# Free Call Through Gprs



## vijay patel (Jun 27, 2007)

HEY!!! NOW U ARE ABLE TO MAKE FREE CALLS THROUH GPRS .U HAVE TO ONLY REGISTER .
U HAVE A GPRS CAPABLE PHONE WHICH SUPPORTS JAVA SOFTWARE .
           U CAN DOWNLOAD SOFTWARE FROM HERE .


----------



## a_k_s_h_a_y (Jun 27, 2007)

guyz its crap my frnd has registered to it...its not at all free u need to buy credits or balance or wateva

and then also there is no way to De - register or Unsubscribe from that mig 33 !!!


----------



## Pathik (Jun 27, 2007)

Its crap and its old


----------



## alsiladka (Jun 28, 2007)

Hey, although this is a duplicate thread, still its no way crap!!1

On registering, you get a 33Rs approx credit which can be used to make internation calls.

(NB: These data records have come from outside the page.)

//! The sessions of a server.
ghost use Rattle.std.specs.Prelude.{◌≡◌, ◌<◌, ◌+◌, [], IfSome, is_some, length};
ghost use Rattle.chord_serve.specs.Keeping.{oldest_of, bytes_kept};
ghost use Rattle.chord_serve.specs.SessionTable.{held_at, connection_of, token_of, BeginsAs, ResumesAs, PartsAs, EndsAs, DropsAs};

use crate::client_session::ClientSession;
use crate::kept_sessions::KeptSessions;
use chord_wire::Token;
use std::alloc::Global;
use std::marker::Model;

/// A session that a connection has.
#[derive(Clone, Copy, Debug, PartialEq, Eq)]
pub struct HeldSession {
    pub token: Token,
    pub connection: u64,
}

/// Why a session does not begin.
#[derive(Clone, Copy, Debug, PartialEq, Eq)]
pub enum BeginRefusal {
    /// Another session has the token.
    Known,
    Memory,
}

/// Where a session is that a client wants to resume.
#[derive(Drop)]
pub enum Resumed<A> {
    /// It had no connection, and has the new one now.
    Here(ClientSession<A>),
    /// This connection has it still.
    Elsewhere(u64),
    /// No session has the token.
    Unknown,
    /// Out of memory. The session is where it was.
    Memory,
}

/// The sessions that connections have, and those that are kept without one.
#[derive(Drop)]
pub struct SessionTable<A> {
    held: Vec<HeldSession>,
    kept: KeptSessions<A>,
}

impl<A> Model for SessionTable<A> {
    ghost use Rattle.chord_serve.specs.TableState.{TableState};

    ghost Value = { TableState A };

    ghost view = { λ t. record { held = t.held.items; kept = t.kept } };
}

// The index of the session of this token, which is compared whole.
fn held_at(token: Token, held: &[HeldSession]) -> Option<usize>
    ensures place { result ≡ held_at token held.now }
    ensures bound { IfSome result (λ place. place < length held.now) }
{
    held.iter().position(|one| one.token == token)
}

impl<A> SessionTable<A> {
    pub fn new(alloc: Global) -> SessionTable<A>
        ensures { result ≡ record { held = []; kept = [] } }
    {
        SessionTable {
            held: Vec::new(alloc),
            kept: KeptSessions::new(alloc),
        }
    }

    /// How many sessions have no connection.
    pub fn kept_count(&self) -> usize
        ensures { result ≡ length self.now.kept }
    {
        self.kept.len()
    }

    /// How many bytes the kept answers of these sessions have; `u64::MAX` stands for more.
    pub fn kept_bytes(&self) -> u64
        ensures { result ≡ bytes_kept self.now.kept }
    {
        self.kept.bytes()
    }

    /// The connection that has the session of this token.
    pub fn connection_of(&self, token: Token) -> Option<u64>
        ensures { result ≡ connection_of token self.now.held }
    {
        let place = held_at(token, &self.held)?;
        Some(self.held[place].connection)
    }

    /// The token of the session that this connection has, if it has one.
    pub fn token_of(&self, connection: u64) -> Option<Token>
        ensures { result ≡ token_of connection self.now.held }
    {
        let held = self.held.iter().find(|one| one.connection == connection)?;
        Some(held.token)
    }

    /// Notes that a session of this token begins over this connection.
    pub fn begin(&mut self, token: Token, connection: u64) -> Result<(), BeginRefusal>
        ensures { BeginsAs result token connection self.old self.new }
    {
        if held_at(token, &self.held).is_some() || self.kept.knows(token) {
            return Err(BeginRefusal::Known);
        }
        match self.held.push(HeldSession { token, connection }) {
            Ok(()) => Ok(()),
            Err(_) => Err(BeginRefusal::Memory),
        }
    }

    /// Gives the session of this token to this connection, unless another one has it still.
    pub fn resume(&mut self, token: Token, connection: u64) -> Resumed<A>
        ensures { ResumesAs result token connection self.old self.new }
    {
        if let Some(older) = self.connection_of(token) {
            return Resumed::Elsewhere(older);
        }
        if !self.kept.knows(token) {
            return Resumed::Unknown;
        }
        if self.held.reserve(1).is_err() {
            return Resumed::Memory;
        }
        let Some(client) = self.kept.take(token) else {
            return Resumed::Unknown;
        };
        self.held.push_reserved(HeldSession { token, connection });
        Resumed::Here(client)
    }

    /// Keeps a session that lost its connection at the moment `since`, behind the others. It is
    /// given back if there is no memory for it.
    pub fn part(
        &mut self,
        token: Token,
        since: u64,
        client: ClientSession<A>,
    ) -> Result<(), ClientSession<A>>
        ensures { PartsAs result token since client self.old self.new }
    {
        self.kept.keep(token, since, client)?;
        self.end(token);
        Ok(())
    }

    /// Forgets the session of this token that a connection has.
    pub fn end(&mut self, token: Token)
        ensures { EndsAs token self.old self.new }
    {
        if let Some(place) = held_at(token, &self.held) {
            self.held.remove(place);
        }
    }

    /// Whether [`SessionTable::drop_oldest`] would drop a session.
    pub fn can_drop(&self, until: u64) -> bool
        ensures { result ≡ is_some (oldest_of until self.now.kept) }
    {
        self.kept.has_oldest(until)
    }

    /// Drops the session that has been without a connection longest, if since the moment `until`
    /// or before. Gives its asker.
    pub fn drop_oldest(&mut self, until: u64) -> Option<A>
        ensures { DropsAs (oldest_of until self.old.kept) result self.old self.new }
    {
        let client = self.kept.take_oldest(until)?;
        Some(client.into_asker())
    }
}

Also, if you refer more people, you get additional credits.

Also, it doubles up as a free Yahoo and Live messenger for phone which only supports Java.


----------



## int86 (Jun 28, 2007)

Its no way crap.
Its most used application on my mean java phone.
And my all STD calls are free, I am able to invite atleast one people everyday


----------